▶ [Task instructions] Reproduce exactly the lines below, from the first through the one containing "#![tactic(auto)]", and nothing more.

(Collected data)
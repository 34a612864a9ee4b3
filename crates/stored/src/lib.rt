// Stored lines: the record of a line, written into a buffer and read back. `writing` has the bytes of a record, `reading` the tests of
// bytes that may be one, and the line in them.
#![tactic(auto)]

ghost use Rattle.std.specs.Prelude.{◌≡◌};
ghost use Rattle.answers.specs.Refuse.{refuse};
ghost use Rattle.line.specs.Line.{line_of};
ghost use Rattle.stored.specs.Entries.{store_tests, store_call, newest_version, read_tests, read_call};

use answers::{ROOM, Refusal};

pub mod reading;
pub mod writing;

// How many places and characters a line has.
#[derive(Clone, Copy)]
pub struct Lengths {
    pub used: usize,
    pub characters: usize,
}

// The tests before a line is stored.
#[tactic(auto, using(crate::proofs::Calls::store_rooms, crate::proofs::Written::record_size), unfolding(answers::specs::Refuse::refuse, line::specs::Test::line_test, crate::specs::Entries::store_tests))]
fn refuse_store(
    glyphs: &[u16],
    tags: &[u16],
    homes: &[u16],
    used: usize,
    buffer: &[u8],
) -> Result<(), Refusal>
    ensures { result ≡ refuse (store_tests (line_of glyphs.now tags.now homes.now used) buffer.now) }
{
    if !line::valid::takes(glyphs, tags, homes, used) {
        return Err(Refusal::Line);
    }
    if buffer.len() < writing::size(used, homes.len()) {
        return Err(Refusal::Line);
    }
    Ok(())
}

// Writes the record of a line to the buffer's start.
#[tactic(auto, using(crate::proofs::Calls::store_fits, crate::proofs::Written::record_size), unfolding(crate::specs::Entries::store_call, crate::specs::Entries::store_by))]
pub fn store_line(
    glyphs: &[u16],
    tags: &[u16],
    homes: &[u16],
    used: usize,
    buffer: &mut [u8],
) -> Result<usize, Refusal>
    ensures reply { result ≡ (store_call (line_of glyphs.now tags.now homes.now used) buffer.old).reply }
    ensures buffer { buffer.new ≡ (store_call (line_of glyphs.now tags.now homes.now used)
        buffer.old).buffer }
{
    refuse_store(glyphs, tags, homes, used, buffer)?;
    writing::put_record(buffer, glyphs, tags, homes, used);
    Ok(writing::size(used, homes.len()))
}

// The tests before a line is read.
#[tactic(auto, using(crate::proofs::Calls::head_there), unfolding(answers::specs::Refuse::refuse, answers::specs::Limits::room_limit, crate::specs::Entries::read_tests, crate::specs::Entries::record_tests, crate::specs::Entries::room_tests))]
fn refuse_read(bytes: &[u8], glyphs: &[u16], tags: &[u16], homes: &[u16]) -> Result<(), Refusal>
    ensures { result ≡ refuse (read_tests newest_version bytes.now glyphs.now tags.now homes.now) }
{
    answers::refuse_table(bytes.len())?;
    if reading::is_other(bytes) {
        return Err(Refusal::Version);
    }
    if !reading::is_record(bytes) {
        return Err(Refusal::Record);
    }
    let Lengths { used, characters } = reading::lengths(bytes);
    if tags.len() != glyphs.len()
        || ROOM < glyphs.len()
        || glyphs.len() < used
        || homes.len() < characters
    {
        return Err(Refusal::Line);
    }
    Ok(())
}

// Reads the line of a record into the room that is lent.
#[tactic(auto, using(crate::proofs::Calls::read_fits), unfolding(crate::specs::Entries::read_call, crate::specs::Entries::read_by, crate::specs::Reading::read_line))]
pub fn read_line(
    bytes: &[u8],
    glyphs: &mut [u16],
    tags: &mut [u16],
    homes: &mut [u16],
) -> Result<Lengths, Refusal>
    ensures reply { result ≡ (read_call newest_version bytes.now glyphs.old tags.old homes.old).reply }
    ensures glyphs { glyphs.new ≡ (read_call newest_version bytes.now glyphs.old tags.old
        homes.old).glyphs }
    ensures tags { tags.new ≡ (read_call newest_version bytes.now glyphs.old tags.old
        homes.old).tags }
    ensures homes { homes.new ≡ (read_call newest_version bytes.now glyphs.old tags.old
        homes.old).homes }
{
    refuse_read(bytes, glyphs, tags, homes)?;
    let lengths = reading::lengths(bytes);
    reading::get_places(bytes, glyphs, tags, lengths.used);
    reading::get_homes(bytes, homes, lengths.used, lengths.characters);
    Ok(lengths)
}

▶ [Answer section]
repository 34a612864a9ee4b3
filename crates/stored/src/lib.rt
// Stored lines: the record of a line, written into a buffer and read back. `writing` has the bytes of a record, `reading` the tests of
// bytes that may be one, and the line in them.
#![tactic(auto)]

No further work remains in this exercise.